Waiting for Dogot. Klutsch and Savolainen have recently argued that future studies should look at Y-chromosome evidence, as well as ancient DNA samples of both wolves and dogs, as these “may give new insights into early domestication history and the dog’s migration routes.” Canids are an extremely mobile family. A recent paper finding, among other things, that Ethiopian wolves are closely related to coyotes, is curious in part because the ranges of the two groups (eastern Africa and the Americas) nowhere overlap.

The dispute between the Middle Easterners and the Far Easterners on the locus of domestication, and now on the locus of the origin of smallness in dogs, is the best theater in canine research I know. I left science long ago after the 19th expedition of the Te Vega and this sort of warfare is the part of scientific research I miss most. I wish both camps well, and hope they will continue to develop evidence and propose theories that will entertain us for years to come. The conflict itself advances our knowledge.

Sources
  1. Coppinger, R. and L. Coppinger (2001). Dogs: A Startling New Understanding of Canine Origin, Behavior, and Evolution (Scribner New York).
  2. Driscoll, C.A., and D.W. Macdonald (2010). Top Dogs: Wolf Domestication and Wealth. Journal of Biology, 9(10).
  3. Gray, M., N.B. Sutter, E. A. Ostrander, and R.K. Wayne (2010). The IGF1 Small Dog Haplotype Is Derived From Middle Eastern Grey Wolves. BMC Biology, 8, 16.
  4. Klutsch, C.F.C., and M.D. Crapon de Caprona (2010). The IGF1 Small Dog Haplotype Is Derived from Middle Eastern Grey Wolves: A Closer Look at Statistics, Sampling, and the Alleged Middle Eastern Origin of Small Dogs. BMC Biology, 8, 119. 
  5. Pang., J.F., C. Kluetsch, X.J. Zou, A. Zhang, L.Y. Luo, Luo, H. Angleby, A. Ardalan, C. Ekström, A. Sköllermo, J. Lundeberg, S. Matsumura, T. Leitner, Y.P. Zhang, and P. Savolainen (2009). mtDNA Data Indicate a Single Origin for Dogs South of the Yangtze River, Less Than 16,300 Years Ago, from Numerous Wolves. Biological Evolution, 26, 2849-2864.
  6. Rimbault, Maud, Holly C. Beale, Jeffrey J. Schoenebeck, Barbara C. Hoopes, Jeremy J. Allen, Paul Kilroy-Glynn, Robert K. Wayne, Nathan B. Sutter, and Elaine A. Ostrander.(2013). Derived Variants at Six Genes Explain Nearly Half of Size Reduction in Dog Breeds. Genome Research, 23, 1985-1995. This article was published two years after this blog was written but is important to read in connection with the subsequent history of this issue.

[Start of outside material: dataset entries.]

//! Example cards, by their names.
ghost use Rattle.std.specs.Prelude.{◌≡◌, Some, MatchOption};
ghost use Rattle.cards.specs.Texts.{example_text, Unnamed};
ghost use Rattle.cards.specs.Examples.{example_sectors};

use crate::card::Card;
use crate::fault::CardFault;
use crate::files::{Plan, name_of};
use crate::tree::{Level, Tree};
use layout::entry::Entry;
use layout::page::Page;
use numbers::length::Length;
use numbers::sector::Sector;
use std::fmt;

/// The sector of the root page.
const ROOT: Sector = Sector(1);

/// A card that is built for a test or a trial; each is sound. Byte p of a file is p mod 251, and file k of a directory of several levels
/// has k mod 500 bytes.
#[derive(Clone, Copy, PartialEq, Eq, Debug)]
pub enum Example {
    /// no file
    Empty,
    /// Foyer.IR of 5 bytes in sector 2, and Hall.IR of 1,000 bytes in sectors 3 and 4
    TwoFiles,
    /// Nave.IR of 66,000 bytes in sectors 2 to 66 with its table in 67, and Wing.IR of 10 bytes in sector 68; each byte that is left free
    /// holds something
    Odd,
    /// Long.IR of 327,329 bytes in sectors 2 to 322, with its tables in 323 and 324
    Long,
    /// a root of one entry over leaves of 12 in sectors 2 and 3, and files F0000 to F0024 from sector 4 on
    TwoLevels,
    /// a root of one entry over pages of 12 in sectors 2 and 3, over leaves of 12 in sectors 4 to 29, and files F0000 to F0336 from sector 30 on
    ThreeLevels,
    /// the same with one level more: leaves of 12 in sectors 30 to 367, and files F0000 to F4392 from sector 368 on
    FourLevels,
}

/// The directory of `TwoLevels`.
static TWO_LEVELS: [Level; 2] = [
    Level {
        at: ROOT,
        pages: 1,
        entries: 1,
        below: 12,
        child: Some(Sector(2)),
    },
    Level {
        at: Sector(2),
        pages: 2,
        entries: 12,
        below: 0,
        child: None,
    },
];

/// The directory of `ThreeLevels`: below a page of its second level are 13 leaves and 12 entries, 168 names.
static THREE_LEVELS: [Level; 3] = [
    Level {
        at: ROOT,
        pages: 1,
        entries: 1,
        below: 168,
        child: Some(Sector(2)),
    },
    Level {
        at: Sector(2),
        pages: 2,
        entries: 12,
        below: 12,
        child: Some(Sector(4)),
    },
    Level {
        at: Sector(4),
        pages: 26,
        entries: 12,
        below: 0,
        child: None,
    },
];

/// The directory of `FourLevels`: below a page of its second level are 13 pages of its third and 12 entries, 2,196 names.
static FOUR_LEVELS: [Level; 4] = [
    Level {
        at: ROOT,
        pages: 1,
        entries: 1,
        below: 2196,
        child: Some(Sector(2)),
    },
    Level {
        at: Sector(2),
        pages: 2,
        entries: 12,
        below: 168,
        child: Some(Sector(4)),
    },
    Level {
        at: Sector(4),
        pages: 26,
        entries: 12,
        below: 12,
        child: Some(Sector(30)),
    },
    Level {
        at: Sector(30),
        pages: 338,
        entries: 12,
        below: 0,
        child: None,
    },
];

/// A file that lies whole in sectors that follow one another.
fn plan(text: &[u8], length: u32, first: u16, table: u16) -> Result<Plan, CardFault> {
    Ok(Plan {
        name: name_of(text)?,
        length: Length(length),
        first: Sector(first),
        table: Sector(table),
    })
}

/// Puts a root that is a leaf, and its files.
fn put_files(card: &mut Card<'_>, files: &[Plan]) -> Result<(), CardFault> {
    let mut root = Page::new(None);
    for file in files {
        root.push(Entry {
            name: file.name,
            file: file.first,
            below: None,
        })?;
        file.put(card)?;
    }
    card.put_page(ROOT, &root)
}

/// Puts a directory of several levels, and its files, which follow one another from a sector on.
fn put_tree(
    card: &mut Card<'_>,
    levels: &[Level],
    files_at: Sector,
    files: u16,
) -> Result<(), CardFault> {
    let tree = Tree { files_at, files };
    for level in levels {
        tree.put_level(card, level)?;
    }
    tree.put_files(card)
}

/// Two files, and something wherever the format leaves it free what a byte holds.
fn put_odd(card: &mut Card<'_>) -> Result<(), CardFault> {
    let nave = plan(b"Nave.IR", 66_000, 2, 67)?;
    let wing = plan(b"Wing.IR", 10, 68, 0)?;
    put_files(card, &[nave, wing])?;
    card.put_bytes(Sector(0), 0, &[0xFF; 1024])?; // sector 0 is unused
    card.put_bytes(ROOT, 144, &[0xFF; 880])?; // the entries from 2 on
    card.put_bytes(Sector(2), 44, b"2013")?; // the date
    card.put_bytes(Sector(66), 816, &[0xFF; 208])?; // behind the last byte
    card.put_bytes(Sector(67), 4, &[0xFF; 1020])?; // past the end of the table
    card.put_bytes(Sector(68), 4, &[0xFF; 32])?; // the file's own name
    card.put_bytes(Sector(68), 362, &[0xFF; 662])?;
    card.put_bytes(Sector(70), 0, &[0xFF; 1024]) // free
}

impl Example {
    /// The example of this name.
    pub fn named(text: &str) -> Option<Example>
        ensures { MatchOption result (Unnamed text.now) (λ e. example_text e ≡ text.now) }
    {
        match text {
            "empty" => Some(Example::Empty),
            "two-files" => Some(Example::TwoFiles),
            "odd" => Some(Example::Odd),
            "long" => Some(Example::Long),
            "two-levels" => Some(Example::TwoLevels),
            "three-levels" => Some(Example::ThreeLevels),
            "four-levels" => Some(Example::FourLevels),
            _ => None,
        }
    }

    /// The number of sectors of its image.
    pub fn sectors(self) -> usize
        ensures { result ≡ example_sectors self }
    {
        match self {
            Example::Empty | Example::TwoFiles => 10,
            Example::Odd => 80,
            Example::Long => 330,
            Example::TwoLevels => 40,
            Example::ThreeLevels => 400,
            Example::FourLevels => 4800,
        }
    }

    /// Builds the card over a blank image.
    pub fn build(self, card: &mut Card<'_>) -> Result<(), CardFault> {
        match self {
            Example::Empty => put_files(card, &[]),
            Example::TwoFiles => {
                let foyer = plan(b"Foyer.IR", 5, 2, 0)?;
                let hall = plan(b"Hall.IR", 1000, 3, 0)?;
                put_files(card, &[foyer, hall])
            }
            Example::Odd => put_odd(card),
            Example::Long => put_files(card, &[plan(b"Long.IR", 327_329, 2, 323)?]),
            Example::TwoLevels => put_tree(card, &TWO_LEVELS, Sector(4), 25),
            Example::ThreeLevels => put_tree(card, &THREE_LEVELS, Sector(30), 337),
            Example::FourLevels => put_tree(card, &FOUR_LEVELS, Sector(368), 4393),
        }
    }
}

impl fmt::Display for Example {
    ghost output = { λ example. Some (example_text example) };

    fn fmt<W: fmt::Write>(&self, f: &mut fmt::Formatter<W>) -> fmt::Result {
        f.write_str(match self {
            Example::Empty => "empty",
            Example::TwoFiles => "two-files",
            Example::Odd => "odd",
            Example::Long => "long",
            Example::TwoLevels => "two-levels",
            Example::ThreeLevels => "three-levels",
            Example::FourLevels => "four-levels",
        })
    }
}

  7. Savolainen, Peter, Y.P. Shang, L. Luo, J. Lundeberg, and T. Leitner (2002). Genetic Evidence for an East Asian Origin of Domestic Dogs. Science, 298, 1610-1613.
  8. Sutter, N.B., C.D. Bustamante, K. Chase, M.M. Gray, K.Y. Zhao-Li, Zhu , B. Padhukasahasram, E. Karlins, S. Davis, P.G. Jones, P. Quignon, G.S. Johnson, H.G. Parker, N. Fretwell, D.S. Mosher, D.F. Lawler, E. Satyarij, M. Nordborg, K.G. Lark, R.K. Wayne, and E.A. Ostrander (2007). A Single IGF1 Allele Is Major Determinant of Small Size in Dogs. Science, 316, 112-115.